Tower-topplers preaching 72 virgins for vein-bursting zeal, an evil god demanding child-martyrs while loving fathers shatter on courthouse steps like Al Bundy raging at life’s endless peg-no-peg, fists bloody on gates that never yield.
Maria’s eyes, wide as a VHS scream in Friday the 13th grain flickering blue, plead through bars we built with blind welcome— feel the burn, Gen X, as sandstorms bury a thousand daughters’ screams yearly under minarets rising like factory smokestacks we fled but couldn’t outrun, the Indus running red with routine.
Epilogue — Echoes from the Minaret’s Endless Wail
Shahbaz stares at the court’s frost-bitten decree, hands raw from petitions no thicker than a Roseanne script torn by indifferent clerks in starched collars, knowing one girl’s chain links a thousand more snatched routine—from Punjab’s sewage alleys to Sindh’s fields where Hindu families bolt doors at dusk, cops pocketing bribes while judges sip tea.
The pattern’s etched deep: yearly harvests of innocence, veils over violated youth, courts complicit in the cull, perpetrators recycled for the next grab. The emotional gut-punch lingers like a bad ’90s hangover chasing NyQuil dreams: we laughed at Al Bundy cursing the neighbors through thin walls, but this darkness devours cradle by cradle, system-wide—wake up before your block becomes their bazaar, minarets mocking the crosses we hung in basements amid the mothballs.
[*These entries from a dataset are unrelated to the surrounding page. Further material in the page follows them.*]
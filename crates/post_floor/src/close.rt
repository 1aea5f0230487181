//! What a floor is closed with: all its seats.
ghost use Rattle.std.specs.Prelude.{◌≡◌, ◌<◌, ◌≤◌, ◌↔◌, [], ◌∷◌, IsTrue};
ghost use Rattle.std.specs.Mem.Slots.{IsFull, slots_items};
ghost use Rattle.shard_part.specs.PartState.{PartData};
ghost use Rattle.shard_store.specs.Totals.{total, is};
ghost use Rattle.shard_part.specs.Weights.{All};
ghost use Rattle.post_floor.specs.Closing.{AllSeated, AreJoined};

use crate::plays::{Aside, Cut};
use crate::seat::Seat;
use crate::table::{Mailboxes, Pass};
use path_algebra::PathAlgebra;
use shard_part::{Batch, Shard};
use std::alloc::Global;
use std::marker::Model;
use std::snapshot::Snapshot;

/// The table of a floor that is closed.
pub(crate) type End<V> = atomic_table::Closed<Option<Batch<V>>, Global>;

/// A floor that was closed. Nothing is left of it but what `close` promises.
#[derive(Drop)]
pub struct Closed<A: PathAlgebra> {
    /// The words and the batches as they were at the end, for contracts.
    end: Snapshot<End<A::Value>>,
}

impl<A: PathAlgebra> Model for Closed<A> {
    ghost use Rattle.std.specs.Mem.Slots.{slots_items};
    ghost use Rattle.post_floor.specs.Closing.{ClosedData};

    ghost Value = { ClosedData A.Value };

    ghost view = { λ c. record { words = slots_items c.end.value.words; slots = slots_items c.end.value.slots } };
}

impl<A: PathAlgebra> Closed<A> {
    /// What a closed table holds.
    pub(crate) fn of(table: &End<A::Value>) -> Closed<A>
        ensures { result ≡ record
            { words = slots_items table.now.words; slots = slots_items table.now.slots } }
    {
        Closed {
            end: Snapshot::of(table),
        }
    }
}

/// Whether a shard's seat is among them.
fn is_seated<A: PathAlgebra>(seats: &[Seat<A>], shard: Shard) -> bool
    ensures { IsTrue result ↔ (0 < total (λ d. is shard d.shard) seats.now) }
{
    for index in 0..seats.len() {
        if seats[index].shard() == shard {
            return true;
        }
    }
    false
}

/// Whether the seats of all shards are among them.
pub(crate) fn all_seated<A: PathAlgebra>(seats: &[Seat<A>], shards: usize) -> bool
    requires { shards ≤ 64 }
    ensures { IsTrue result ↔ AllSeated shards seats.now }
{
    for shard in 0..shards {
        if !is_seated(seats, Shard(shard as u8)) {
            return false;
        }
    }
    true
}

/// What the caller of a seat knows, without the seat's own lists.
pub(crate) fn pass_of<A: PathAlgebra>(seat: Seat<A>) -> Pass<A>
    ensures pass { (result.table_id ≡ seat.floor) × (result.me.0 ≡ seat.knows) }
    ensures part { (p : PartData A A.Value) × (seat.knows.parts ≡ p ∷ []) × (p.shard ≡ seat.shard) }
{
    let Seat {
        pass,
        own: _,
        claims: _,
        next_fill: _,
        next_read: _,
    } = seat;
    pass
}

/// Joins all seats into one pass.
pub(crate) fn join_all<A: PathAlgebra>(
    table: &Mailboxes<A>,
    mut all: Pass<A>,
    mut seats: Vec<Seat<A>>,
) -> Pass<A>
    requires pass { (all.table_id ≡ table.now.table_id) × (0 < table.now.table_id.words) }
    requires seats { All (λ d. d.floor ≡ table.now.table_id) seats.items }
    ensures pass { result.table_id ≡ table.now.table_id }
    ensures joined { AreJoined result.me.0 all.me.0 seats.items }
{
    while let Some(seat) = seats.pop() {
        let mut own = pass_of(seat);
        // A pass that has a slot out cannot be joined, so what it knows goes to a new one.
        let free = table.split_seat::<Aside>(&mut own);
        table.join_seat::<Cut>(&mut all, free);
    }
    all
}

/// Takes the batches out of a table that is closed, and frees it.
pub(crate) fn free<V: Drop>(mut closed: End<V>)
    requires { IsFull closed.slots }
{
    for index in 0..closed.slot_count() {
        drop(closed.take(index));
    }
    closed.free();
}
Lullaby — Sandman’s Cruel Rock
Hush now, Maria, in your borrowed bed of thorns and lies, Dream of home lights flickering red through cracked dawn skies.
Father fights on through the endless night, fists bloodied on iron gates that clang, Shadows claim you with whispers that seal your fate, muezzins sing their endless song.
Sleep, little lamb, in the thief’s cruel hold so tight and cold, Tomorrow’s conquests march in the dawn’s harsh light, a thousand stories retold.
Rock-a-bye cradle in minaret’s sway so slow, Fallen empires whisper your name, and hundreds more in the undertow.
Hush-a-bye yearly, the alleys claim their due, Pakistan’s daughters lost, one veil at a time, me and you.
“They come not to share the fire, but to claim the hearth—and torch the cribs within, one thousand at a time.”